Paper Structure (16 sections, 16 equations, 9 figures)

This paper contains 16 sections, 16 equations, 9 figures.

Figures (9)

  • Figure 1: Schematic overview of image-processing framework. Chest X-ray image(s) are provided as an input (a), where the shape is identified by our SSAM by iteratively adapting lung outline and gray-value based on a database of known lung shapes (b-c). The SSAM reconstruction can then be used to generate a surface mesh of lungs with a full airway tree (c). Alternatively, a 3D CT scan may be provided as an input (d) to our trained CNN architecture (e). The CNN returns a segmented labelmap for lungs and airways (f), which can also be used to generate the full respiratory domain (c).
  • Figure 2: Assessment of sensitivity of SSAM metrics to number of modes included in the model. Panels show (a) explained variance based on number of modes, (b) reconstrucion error for shapes in training set, (c) generalisation error for unseen shapes.

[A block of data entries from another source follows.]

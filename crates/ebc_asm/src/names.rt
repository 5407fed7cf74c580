//! The names of a source and what is known of each.

ghost use Rattle.std.specs.Prelude.{◌≡◌, ◌<◌, [], length, not, IfOk, OnOk};
ghost use Rattle.asm_text.specs.Texts.{seen_name};
ghost use Rattle.ebc_base.specs.Tables.{is_named, with_name};
ghost use Rattle.ebc_asm.specs.Held.{Defines, Labels, and_global_place, and_place, number_of, replaced, standing_of};
ghost use Rattle.ebc_asm.specs.Symbols.{and_name};

use crate::end::LineEnd;
use asm_text::AsmFault;
use ebc_base::{Name, NameTable, NoMemory};
use std::alloc::Global;

// The most names, all of which a table holds: the number of a symbol has 32 bits.
const MOST_NAMES: usize = u32::MAX as usize;

// Adds a name to a table unless it is there, and tells whether it was new. Names past the most find no memory.
pub(crate) fn add_name(alloc: Global, table: &mut NameTable, name: &Name) -> Result<bool, NoMemory>
    ensures new { IfOk result (λ new. new ≡ not (is_named name.now table.old)) }
    ensures table { OnOk result (table.new ≡ with_name name.now table.old) }
{
    if table.len() >= MOST_NAMES {
        return Err(NoMemory);
    }
    Ok(table.add(alloc, name)?)
}

/// Where a name stands.
#[derive(Clone, Copy)]
pub(crate) struct Standing {
    /// 0 where no line had it as its label yet, 1 in code, 2 in data.
    pub kind: u8,
    /// 1 where it is global.
    pub global: u8,
    /// The offset in its section.
    pub offset: u32,
}

/// The names that were seen, in the order in which they first appear, and the place of each.
#[derive(Drop)]
pub(crate) struct Names {
    pub table: NameTable,
    pub places: Vec<Standing>,
}

impl Names {
    /// No names.
    pub fn new(alloc: Global) -> Names
        ensures table { result.table ≡ [] }
        ensures places { result.places.items ≡ [] }
    {
        Names {
            table: NameTable::new(alloc),
            places: Vec::new(alloc),
        }
    }

    /// The number of a name, which is added unless it is there.
    #[tactic(auto, using(crate::proofs::NumberLaws::number_within, crate::proofs::NumberLaws::same_number, crate::proofs::NumberLaws::known_name))]
    pub fn number(&mut self, alloc: Global, text: &str) -> Result<u32, NoMemory>
        requires { length self.old.places.items ≡ length self.old.table }
        ensures within { IfOk result (λ number. number < length self.new.places.items) }
        ensures beside { OnOk result (length self.new.places.items ≡ length self.new.table) }
        ensures number { IfOk result (λ number. number ≡ number_of text.now self.old.table) }
        ensures table { OnOk result (self.new.table ≡ with_name text.now self.old.table) }
        ensures places { OnOk result (self.new.places.items ≡ and_place text.now self.old.table self.old.places.items) }
    {
        let name = Name::new(String::from_str(alloc, text)?);
        let number = self.table.number(&name);
        if (number as usize) < self.table.len() {
            return Ok(number);
        }
        self.add(alloc, &name)?;
        Ok(number)
    }

    // Adds a name unless it is there.
    fn add(&mut self, alloc: Global, name: &Name) -> Result<(), NoMemory>
        ensures table { OnOk result (self.new.table ≡ with_name name.now self.old.table) }
        ensures places { OnOk result (self.new.places.items ≡ and_place name.now self.old.table self.old.places.items) }
    {
        if !add_name(alloc, &mut self.table, name)? {
            return Ok(());
        }
        let (kind, global, offset) = (0, 0, 0);
        self.places.push(Standing {
            kind,
            global,
            offset,
        })?;
        Ok(())
    }

    // A line has this name as its label.
    fn define(&mut self, alloc: Global, text: &str, kind: u8, offset: u32) -> Result<(), LineEnd>
        requires { length self.old.places.items ≡ length self.old.table }
        ensures defines { Defines result text.now kind offset self.old.table self.old.places.items self.new.places.items }
        ensures table { OnOk result (self.new.table ≡ with_name text.now self.old.table) }
        ensures beside { OnOk result (length self.new.places.items ≡ length self.new.table) }
    {
        let number = self.number(alloc, text)? as usize;
        let before = self.places[number];
        if before.kind != 0 {
            return Err(LineEnd::Fault(AsmFault::Twice));
        }
        let global = before.global;
        self.places[number] = Standing {
            kind,
            global,
            offset,
        };
        Ok(())
    }

    // A line makes this name global.
    fn make_global(&mut self, alloc: Global, text: &str) -> Result<(), NoMemory>
        requires { length self.old.places.items ≡ length self.old.table }
        ensures table { OnOk result (self.new.table ≡ with_name text.now self.old.table) }
        ensures places { OnOk result (self.new.places.items ≡
            replaced text.now self.old.table self.old.places.items
            (record (standing_of text.now self.old.table self.old.places.items) { global = 1 })) }
        ensures beside { OnOk result (length self.new.places.items ≡ length self.new.table) }
    {
        let number = self.number(alloc, text)? as usize;
        let Standing { kind, offset, .. } = self.places[number];
        let global = 1;
        self.places[number] = Standing {
            kind,
            global,
            offset,
        };
        Ok(())
    }

    /// Takes the label of a line that stands in a section of this kind, at this offset.
    ///
    /// # Errors
    ///
    /// Twice: it is a label already. Or there was no memory.
    pub fn take_label(
        &mut self,
        alloc: Global,
        label: Option<&str>,
        kind: u8,
        offset: u32,
    ) -> Result<(), LineEnd>
        requires { length self.old.places.items ≡ length self.old.table }
        ensures labels { Labels result (seen_name label.entry) kind offset self.old.table self.old.places.items self.new.places.items }
        ensures table { OnOk result (self.new.table ≡ and_name (seen_name label.entry) self.old.table) }
        ensures beside { OnOk result (length self.new.places.items ≡ length self.new.table) }
    {
        match label {
            Some(name) => self.define(alloc, name, kind, offset),
            None => Ok(()),
        }
    }

    /// Takes the name that a line makes global.
    pub fn take_global(&mut self, alloc: Global, global: Option<&str>) -> Result<(), NoMemory>
        requires { length self.old.places.items ≡ length self.old.table }
        ensures table { OnOk result (self.new.table ≡ and_name (seen_name global.entry) self.old.table) }
        ensures places { OnOk result (self.new.places.items ≡
            and_global_place (seen_name global.entry) self.old.table self.old.places.items) }
        ensures beside { OnOk result (length self.new.places.items ≡ length self.new.table) }
    {
        match global {
            Some(name) => self.make_global(alloc, name),
            None => Ok(()),
        }
    }
}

When the model describes 90% of the population variance (indicated by blue dashed line), the generalisation error in adapting the model to unseen shapes is saturated.
  • Figure 3: Lung space volume error from SSAM and U-Net reconstructions of patients from LUNA16 dataset. Inset shows U-Net lung space volume error, where the U-Net results were produced using the pretrained U-Net from hofmanninger2020automatic.
  • Figure 4: Example of fitted SSAM compared to projection and lung outline for two largest lung space volume errors. Yellow markers are output landmarks from the SSAM, and black markers represent the X-ray edges detected by the Canny edge map described in Section \ref{['sec:preproc']}. Panels show (a) the largest error, (b) second largest error and (c) the lowest error. In (a) the right lung error was 31% and left lung error was 42.6%. In (b) the right lung error was 15.5% and left lung error was 38.3%. In (c) the right lung error was 1.8% and left lung error was 0.06%.
  • Figure 5: Comparison of airway diameter errors predicted by our SSAM compared to the ground truth segmentations. We show the influence of including an additional projection on diameter error in the trachea and main bronchi.